Eine Ausstellung in Dresden
Die «Ausstellung Entarteter Kunst» im Lichthof des Neuen Rathauses zu Dresden erfreut sich ungewöhnlich reichen Besuchs. Die Mehrzahl der Gekommenen macht den Eindruck von Menschen, die zum ersten Male eine Kunstausstellung sehen, und es ist außerordentlich aufschlußreich, diese gänzlich unbefangenen Leute urteilen zu hören. Es war wohl auch den Veranstaltern von vornherein klar, daß die ausgestellten Werke, von denen die Mehrzahl nach 1918 entstanden ist, nur einige schon vor dem Krieg (Nolde, Heckel, Schmidt-Rottluff), bei dem breiteren Publikum teilweise auf Widerstand stoßen würden. Ob der Zweck erreicht wird, die Erziehung zur Unterscheidung des Wertlosen vom Wertvollen, erscheint allerdings zweifelhaft, wenn man sieht, wie auch recht harmlose Bilder oft sehr drastisch abgelehnt werden, z. B. eine schwermütige Zeichnung der Worpswederin Paula Modersohn-Becker. Man ist versucht zu vermuten, daß diesen unverbildeten Menschen selbst die von den Veranstaltern anerkannten Werke mißfallen würden; denn der Standpunkt, von dem aus sie urteilen, ist die platte Natürlichkeit und Schönheit.

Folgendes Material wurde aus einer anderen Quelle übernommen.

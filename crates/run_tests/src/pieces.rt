//! Scripts that come in pieces: each line is answered as its newline comes, and where a read fails nothing behind it.

use crate::calls::NAME;
use crate::failures::{Content, Run, end_so};
use db_commands::Status;
use std::alloc::Global;
use std::process::Abort;
use std::test::Fail;

/// A script that comes in pieces of at most so many bytes, over a source and a sink that fail at the listed
/// calls, with the status and the output of its run.
struct Pieces<'a> {
    name: &'a str,
    script: Content<'a>,
    piece: usize,
    failing_reads: &'a [u64],
    failing_writes: &'a [u64],
    status: Status,
    output: &'a [u8],
}

/// Lines of several kinds, the last without a newline, and their replies.
const MIXED: &[u8] = b"at 5\n\n# six\nat 6 7\nat 4\nat 1000000000000001\nat 5\r\n\tat 8";

const MIXED_REPLIES: &[u8] = b"ok
line fault: unknown word 3
refused: moment back 5
refused: moment too large 1000000000000001
line fault: not ascii
ok
";

/// What stands before the blanks of a long line, and what behind them: lines at fault, and a last one without a newline.
const LONG: Content<'_> = Content::Between(
    b"at 5\nat 6",
    4_093,
    b"\nat 7\niw reg fly\nat x\niw reg set\nat 8",
);

const LONG_REPLIES: &[u8] = b"ok
line fault: too long
ok
line fault: unknown word 3
line fault: bad number word 2
line fault: missing word
ok
";

const PIECES: [Pieces<'_>; 13] = [
    Pieces {
        name: "in pieces of 1",
        script: Content::Bytes(MIXED),
        piece: 1,
        failing_reads: &[],
        failing_writes: &[],
        status: Status::Done,
        output: MIXED_REPLIES,
    },
    Pieces {
        name: "in pieces of 2",
        script: Content::Bytes(MIXED),
        piece: 2,
        failing_reads: &[],
        failing_writes: &[],
        status: Status::Done,
        output: MIXED_REPLIES,
    },
    Pieces {
        name: "in pieces of 4097",
        script: Content::Bytes(MIXED),
        piece: 4_097,
        failing_reads: &[],
        failing_writes: &[],
        status: Status::Done,
        output: MIXED_REPLIES,
    },
    Pieces {
        name: "lines behind a long one in pieces of 1",
        script: LONG,
        piece: 1,
        failing_reads: &[],
        failing_writes: &[],
        status: Status::Done,
        output: LONG_REPLIES,
    },
    Pieces {
        name: "lines behind a long one in pieces of 2",
        script: LONG,
        piece: 2,
        failing_reads: &[],
        failing_writes: &[],
        status: Status::Done,
        output: LONG_REPLIES,
    },
    Pieces {
        name: "lines behind a long one in pieces of 4097",
        script: LONG,
        piece: 4_097,
        failing_reads: &[],
        failing_writes: &[],
        status: Status::Done,
        output: LONG_REPLIES,
    },
    Pieces {
        name: "no piece comes",
        script: Content::Bytes(b"at 5\nat 6\nat 7\n"),
        piece: 5,
        failing_reads: &[1],
        failing_writes: &[],
        status: Status::ReadFault,
        output: b"",
    },
    Pieces {
        name: "two pieces of three come",
        script: Content::Bytes(b"at 5\nat 6\nat 7\n"),
        piece: 5,
        failing_reads: &[3],
        failing_writes: &[],
        status: Status::ReadFault,
        output: b"ok\nok\n",
    },
    Pieces {
        name: "the end doesn't come",
        script: Content::Bytes(b"at 5\nat 6\nat 7\n"),
        piece: 5,
        failing_reads: &[4],
        failing_writes: &[],
        status: Status::ReadFault,
        output: b"ok\nok\nok\n",
    },
    Pieces {
        name: "a read fails within a line",
        script: Content::Bytes(b"at 5\nat 6\n"),
        piece: 7,
        failing_reads: &[2],
        failing_writes: &[],
        status: Status::ReadFault,
        output: b"ok\n",
    },
    Pieces {
        name: "a read fails behind a line without newline",
        script: Content::Bytes(b"at 5\nat 6"),
        piece: 9,
        failing_reads: &[2],
        failing_writes: &[],
        status: Status::ReadFault,
        output: b"ok\n",
    },
    Pieces {
        name: "a write fails before a read would",
        script: Content::Bytes(b"at 5\nat 6\n"),
        piece: 5,
        failing_reads: &[2],
        failing_writes: &[1],
        status: Status::WriteFault,
        output: b"",
    },
    Pieces {
        name: "a read fails before a write would",
        script: Content::Bytes(b"at 5\nat 6\n"),
        piece: 5,
        failing_reads: &[2],
        failing_writes: &[2],
        status: Status::ReadFault,
        output: b"ok\n",
    },
];

/// Each run ends so.
fn come_so(rt: &impl Abort, alloc: Global, rows: &[Pieces<'_>]) -> Result<(), Fail> {
    for row in rows {
        let run = Run {
            name: row.name,
            file_name: NAME,
            file: Content::Rules,
            script: row.script,
            piece: row.piece,
            failing_files: &[],
            failing_reads: row.failing_reads,
            failing_writes: row.failing_writes,
            status: row.status,
            output: row.output,
        };
        end_so(rt, alloc, &run)?;
    }
    Ok(())
}

#[test]
fn lines_are_answered_as_they_come(rt: HostRuntime) -> Result<(), Fail> {
    come_so(&rt, rt.alloc(), &PIECES)
}
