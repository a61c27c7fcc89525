//! Files by their names: in memory, failing, and of the system.

use crate::calls::{NAME, bytes};
use reg_base::{DiskFiles, FailingFiles, FileFault, Files, MemFiles};
use std::alloc::Global;
use std::process::Abort;
use std::test::Fail;
use std::{env, fs, process};

/// A name, the most bytes that are read, and what they are.
type Read<'a> = (&'a str, u64, Result<&'a [u8], FileFault>);

/// The reads give what stands in the rows, one after another; so many have failed then.
fn reads<F: Files>(rt: &impl Abort, alloc: Global, files: &mut F, rows: &[Read<'_>], faults: u64) {
    for (row, (name, most, wanted)) in rows.iter().enumerate() {
        match files.read_file(alloc, name, *most) {
            Ok(bytes) => assert!(rt; *wanted == Ok(bytes.as_slice()), "read {row} of {name}"),
            Err(fault) => assert!(rt; *wanted == Err(fault), "read {row} of {name}"),
        }
    }
    assert!(rt; files.faults() == faults);
}

// `/dev/zero` has no end.
#[test]
fn files_are_read_by_their_names(rt: HostRuntime) -> Result<(), Fail> {
    let alloc = rt.alloc();
    let mut in_memory = MemFiles::new(alloc, NAME, bytes(alloc, b"RGDB")?)?;
    let rows: [Read<'_>; 6] = [
        (NAME, 4, Ok(b"RGDB")),
        (NAME, 3, Err(FileFault::TooLong)),
        ("other.db", 4, Err(FileFault::Failed)),
        ("", 4, Err(FileFault::Failed)),
        (NAME, u64::MAX, Ok(b"RGDB")),
        (NAME, 4, Ok(b"RGDB")),
    ];
    reads(&rt, alloc, &mut in_memory, &rows, 2);
    let mut failing = FailingFiles::new(alloc, NAME, bytes(alloc, b"RGDB")?, &[1, 3])?;
    let rows: [Read<'_>; 4] = [
        (NAME, 4, Err(FileFault::Failed)),
        (NAME, 4, Ok(b"RGDB")),
        (NAME, 4, Err(FileFault::Failed)),
        (NAME, 4, Ok(b"RGDB")),
    ];
    reads(&rt, alloc, &mut failing, &rows, 2);
    let folder = env::temp_dir(&rt)?;
    let number = process::id(rt.process());
    let name = format!(in alloc; "{}/regtool-{number}.db", folder.as_str())?;
    fs::write(&rt, name.as_str(), "RGDB")?;
    let mut on_disk = DiskFiles::new(&rt);
    let rows: [Read<'_>; 3] = [
        (name.as_str(), 4, Ok(b"RGDB")),
        (name.as_str(), 3, Err(FileFault::TooLong)),
        ("/dev/zero", 100_000, Err(FileFault::TooLong)),
    ];
    reads(&rt, alloc, &mut on_disk, &rows, 0);
    fs::remove_file(&rt, name.as_str())?;
    let rows: [Read<'_>; 3] = [
        ("/no folder/regulatory.db", 4, Err(FileFault::Failed)),
        ("/dev", 4, Err(FileFault::Failed)),
        ("", 4, Err(FileFault::Failed)),
    ];
    reads(&rt, alloc, &mut on_disk, &rows, 3);
    Ok(())
}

Es ist nach 1918 vielerorts sehr unverfroren drauf los gemalt worden, und da die Stadt Dresden vorwiegend Dresdner Maler ankaufte, ist viel Entgleistes hereingekommen. Viel zu viel von den damals jungen Künstlern Felix Müller, W. Jakob, Chr. Voll, E. Hoffmann. Von den übrigen sind Proben da, von Ottolange, W. Heckrott, B. Kretzschmar, P. Cassel, Mitschke-Collande, Skade, Grundig, Griebel. Einige, die heute auf der Seite der Veranstalter stehen, werden sicher unglücklich sein, frühere Arbeiten von sich in dieser Ausstellung entarteter Kunst zu finden: W. Rudolph, O. Schubert, der Bildhauer Maskos. Man überlegt, ob nicht in sehr vielen Fällen die Entartung lediglich Pubertät ist und Produkt einer chaotischen Zeit. Hier müßte man die Fronten schärfer abgrenzen. Walter-Kurau, für den ein so deutscher Maler wie Professor Lührig im Geleitwort zu einer Gedächtnisausstellung eintritt, werden viele nicht gern unter dem Kennwort dieser Ausstellung sehen.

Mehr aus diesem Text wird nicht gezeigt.